Up in Philippi, the letters Paul has in his apostolic messenger bag do the same thing for Lydia that Jesus did at Bethesda. They create a situation where the excluding boundaries are treated as irrelevant. Lydia and her whole household are baptized, which presumably means spouse and children, and both free and enslaved servants. Her supper invitation to Paul and Silas is how a wealthy purpler picks up the mat of her life and starts walking.
Both stories are perfect for this day when Emily and Zach bring Sonya to the font to be baptized. Not only is she the fifth generation, like her sister, to be baptized in that baptismal gown, Sonya also is carried here as the latest in 2000 years and countless generations of undeserving, unremarkable, and unrighteous sinners to encounter our Lord in the waters ofbaptism. And today he will give her what he gave Lydia and her household and what he gave the man in Bethesda: access not exclusion, mercy rather than judgment, and life over against death.
Paul met Lydia with letters in hand, but today Jesus gives Sonya traveling papers for her journey, just like the name of our ship, “Hjemad” — homeward. For as good and faithful the well-intentioned promises from Zach and Emily and from Sonya’s sponsors are, there’s only one promise that counts, one declaration, one Word. It comes in these words that God only uses a pastor as a mouthpiece for: “I baptize you.”
This eternal promise is made to a baby who’s as unaware as she is undeserving. All the better to contrast with Jesus’ utter graciousness.
There’s no purple robe here made from outrageously expensive fabric that none of us could afford. Instead there’s a different robe that Sonya’s baptismal gown represents. It’s the same thing as a pastor’s alb and the funeral pall that will one day drape her coffin.
In John’s vision in the book of Revelation, he sees the heavenly host arrayed in white. I suspect some of them had worn purple in life and others had been clothed in rough spun sackcloth. But nowJohn is told their old robes had been washed in the blood of the Lamb and come out looking like Jesus at the Transfiguration. And that’s the most expensive fabric of all, because it cost Jesus his life. [change from purple stole to white]

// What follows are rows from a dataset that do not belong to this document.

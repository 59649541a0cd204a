// Rules over the top-level nodes of a tree: document 02, C-11.

#![tactic(auto)]

pub mod items;
pub mod matching;
pub mod overlaps;
pub mod pairs;
pub mod row_text;
pub mod shown;
pub mod table;
pub mod winner;
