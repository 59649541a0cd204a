// The sequence that is shown for two rules, as items in a lent buffer.

ghost use Rattle.std.specs.Prelude.{◌≡◌, ◌&&◌, ◌+◌, ◌≤◌, length};
ghost use Rattle.text.specs.Text.{Appended};
ghost use Rattle.text.specs.Puts.{Puts};
ghost use Rattle.rules.specs.Overlaps.{items_bytes, longest_shown, shown, shown_item};
ghost use Rattle.rules.specs.ItemsStand.{ItemRoom, ItemsRoom, OfItem, OfItems, OfRules, SomeItem, SomeRule, StandsSomewhere, counts};
ghost use Rattle.rules.specs.RuleTable.{item_bytes};

use crate::items::{AFTER_TWO, ANY, item_end};
use crate::overlaps::item_counts;
use crate::table::MOST_ITEMS;
use rows::token::LONGEST_WORD;
use text::Text;

// Room for every sequence that is shown.
pub const LONGEST_SHOWN: usize = MOST_ITEMS * (AFTER_TWO + LONGEST_WORD);

// Puts the item that stands at a byte offset.
fn put_item(output: &mut Text, table: &[u8], item: usize)
    requires { ItemRoom table.now item output.old.end output.old.bytes.now }
    ensures { OfItem table.now item (λ i _. Puts output.old (item_bytes i) output.new) }
{
    let end = item_end(table, item);
    output.put_bytes(&table[item..end]);
}

// Puts the items that count, from a byte offset of a record to its end.
fn put_items(output: &mut Text, table: &[u8], end: usize, item: usize)
    requires { ItemsRoom table.now end item output.old.end output.old.bytes.now }
    ensures { OfItems table.now end item (λ is. Puts output.old (items_bytes is) output.new) }
{
    let mut x = item;
    while item_counts(table, end, x) {
        put_item(output, table, x);
        x = item_end(table, x);
    }
}

// Both rules have an item that counts left.
fn both_count(table: &[u8], first_end: usize, x: usize, second_end: usize, y: usize) -> bool
    requires { (first_end ≤ length table.now) × (second_end ≤ length table.now) }
    ensures { result ≡ counts table.now first_end x && counts table.now second_end y }
{
    if item_counts(table, first_end, x) {
        return item_counts(table, second_end, y);
    }
    false
}

// Which of two items is shown: the first, or the second if the first is any one node.
fn shown_item(table: &[u8], first: usize, second: usize) -> usize
    requires { SomeItem table.now first }
    ensures { OfItem table.now first (λ i _. OfItem table.now second (λ j _. StandsSomewhere table.now result (shown_item i j))) }
{
    if table[first] == ANY {
        return second;
    }
    first
}

fn put_both(
    output: &mut Text,
    table: &[u8],
    first: usize,
    first_end: usize,
    second: usize,
    second_end: usize,
)
    requires { SomeRule table.now first_end first × SomeRule table.now second_end second × (output.old.end + longest_shown ≤ length output.old.bytes.now) }
    ensures { OfRules table.now first_end first second_end second (λ p q. Puts output.old (items_bytes (shown p.items q.items)) output.new) }
{
    let mut x = first;
    let mut y = second;
    while both_count(table, first_end, x, second_end, y) {
        let item = shown_item(table, x, y);
        put_item(output, table, item);
        x = item_end(table, x);
        y = item_end(table, y);
    }
    put_items(output, table, first_end, x);
    put_items(output, table, second_end, y);
}

// Puts the sequence that is shown for the rules at two byte offsets in front of the buffer.
pub fn put_shown(
    output: &mut [u8],
    table: &[u8],
    first: usize,
    first_end: usize,
    second: usize,
    second_end: usize,
) -> usize
    requires { SomeRule table.now first_end first × SomeRule table.now second_end second × (longest_shown ≤ length output.old) }
    ensures { OfRules table.now first_end first second_end second (λ p q. Appended output.old 0 (items_bytes (shown p.items q.items)) result output.new) }
{
    let mut items = Text::new(output);
    put_both(&mut items, table, first, first_end, second, second_end);
    items.len()
}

Today the letters written in God’s Book of Life record Sonya as part of that host in white not purple. And the promise of our second reading is that she — and you, my friends and fellow sinners — when all things are brought to completion will be found at the river of life flowing through the City of God. Already today, you’re included. The robe is yours. The place is reserved. For when God chooses, when God says “You!” it happens right then and there. And we’ll all be reminded again that we shall gather at the great river that the little bowl of water in this font flows from.
Amen.
And now may the piece, which far surpasses a baby’s understanding and ours, keep our hearts and minds in Christ Jesus from whom flows Living Water. Amen.